Aber die Wahrheit ist, dass ich mich viel lieber wieder auf die Couch verziehen und mich in eine Decke neben meinen Liebsten kuscheln würde. (Und quality time ist ja immerhin auch wirklich das Wichtigste und Das, worauf es am Ende des Tages ankommt.)

Nein, du willst das hier fertig machen. Also einmal bitte zusammenreißen. 

Na gut. Fotos sind bereits herausgesucht, sortiert und komprimiert.
Fehlt noch der Text.






Ja. Der Text. 
Hmm.
Text.

Ihr dürft euch hier das Gezirpe einer Grille als Hintergundgeräusch vorstellen, um der gähnenden Lehre in meinem Kopf Ausdruck zu verleihen.
Den Text zu erstellen finde ich tatsächlich immer am Schwierigsten bei der ganzen Sache.
Ich möchte als Fotografin und Bloggerin schließlich trotz Mamaalltag immer noch Content produzieren. Content o h n e Mami-Dasein.

Der richtige Text verleiht Bildern meist noch mehr Aussagegehalt.
Meine Fotos brauchen also einen Text. 
Einen richtig guten am besten. (Katja, bloß keinen Druck :D )







Und so sitze ich hier und sinniere darüber, was ich schreiben kann.

Viel Gehaltvolles kam während der ersten Schreibversuche nicht zu Stande. 
Der Text wurde umgeschrieben. Verworfen. Gelöscht und wieder neu geschrieben.

Auf Knopfdruck produktiv sein ist halt auch so eine Sache für sich...

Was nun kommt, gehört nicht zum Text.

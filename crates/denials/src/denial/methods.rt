//! What a denial tells.
ghost use Rattle.std.specs.Prelude.{◌≡◌, ℕ, ◌<◌, not, ◌&&◌, ◌||◌};
ghost use Rattle.components.specs.Bits.{has};
ghost use Rattle.rules.specs.Rules.{formula};
ghost use Rattle.unfolding.specs.Pushed.{locations as locations_of, owes, carried, promise};
ghost use Rattle.unfolding.specs.Smallest.{carries as carries_all, smallest, without, mentioned as mentioned_by};
ghost use Rattle.denials.specs.Meaning.{denied};

use crate::bits::{contains, only, select};
use crate::debts::owing;
use crate::parts::count_operators;
use crate::signed::Debt;
use rules::rule::Rule;

impl<'a> super::Denial<'a> {
    /// The denial of a rule.
    pub fn new(rule: &'a Rule) -> super::Denial<'a>
        ensures { denied result ≡ formula rule.now }
    {
        let locations = 1 + count_operators(rule, rule.parts().len() - 1);
        let mut debts = [Debt::default(); 10];
        let mut promises = 0;
        for location in 0..locations {
            let owed = owing(rule, location);
            debts[location] = Debt {
                part: owed.part,
                mentions: owed.part.mentions(rule),
            };
            promises |= select(owed.promise, only(location));
        }
        super::Denial {
            rule,
            locations,
            debts,
            promises,
        }
    }

    /// How many locations there are: one for each temporal operator, and location 0.
    pub fn locations(&self) -> usize
        ensures { result ≡ locations_of (denied self.now) }
    {
        self.locations
    }

    /// The set of the locations that are promises.
    pub fn promises(&self) -> u32
        ensures { (k : ℕ) → k < locations_of (denied self.now) → has result k ≡ promise (denied self.now) k }
    {
        self.promises
    }

    /// The set of the locations that something owed looks for.
    pub fn mentioned(&self, owed: u32) -> u32
        ensures { (l : ℕ) → l < 32 → has result l ≡ mentioned_by (denied self.now) (has owed) l }
    {
        (0..self.locations)
            .filter(|location| contains(owed, *location))
            .fold(0, |union, location| union | self.debts[location].mentions)
    }

    /// Whether a label and a set of locations carry all that is owed.
    pub fn carries(&self, label: u16, owed: u32, next: u32) -> bool
        ensures { result ≡ carries_all (denied self.now) label (has owed) (has next) }
    {
        (0..self.locations).all(|location| self.pays(location, label, owed, next))
    }

    /// Whether what a location owes is carried, where it is owed.
    fn pays(&self, location: usize, label: u16, owed: u32, next: u32) -> bool
        requires { location < locations_of (denied self.now) }
        ensures { result ≡ (not (has owed location) || carried (owes (denied self.now) location) label (has next)) }
    {
        !contains(owed, location) || self.debts[location].part.is_carried(self.rule, label, next)
    }

    /// Whether a location is in a set and can be spared.
    fn spares(&self, location: usize, label: u16, owed: u32, next: u32) -> bool
        ensures { result ≡ (has next location && carries_all (denied self.now) label (has owed) (without location (has next))) }
    {
        contains(next, location) && self.carries(label, owed, next - (next & only(location)))
    }

    /// Whether they do, and would not with any one location less.
    pub fn is_smallest(&self, label: u16, owed: u32, next: u32) -> bool
        ensures { result ≡ smallest (denied self.now) label (has owed) (has next) }
    {
        self.carries(label, owed, next)
            && (0..self.locations).all(|location| !self.spares(location, label, owed, next))
    }
}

Nun. Letztlich seht ihr das Ergebnis meiner Interpretation eines „richtig guten Textes“. 
Die Leere hat sich breit gemacht und d a s hervorgebracht.


 
 


Warum schreibe ich all das?
Ich habe das Gefühl, meine lieben Leser lange keinen Inhalt geboten zu haben und habe ein schlechtes Gewissen.
Um auf den Punkt zu kommen:
Fotos gibt es genügend. Die sind produziert, bearbeitet und bereit gezeigt zu werden. versauern aber seit Monaten auf meinen Festplatten.
Es scheitert häufig an Mister Elan und den passenden Texten. Zeit und Motivation fehlten, seitdem dieser kleine, süße Junge unseren Alltag bestimmt.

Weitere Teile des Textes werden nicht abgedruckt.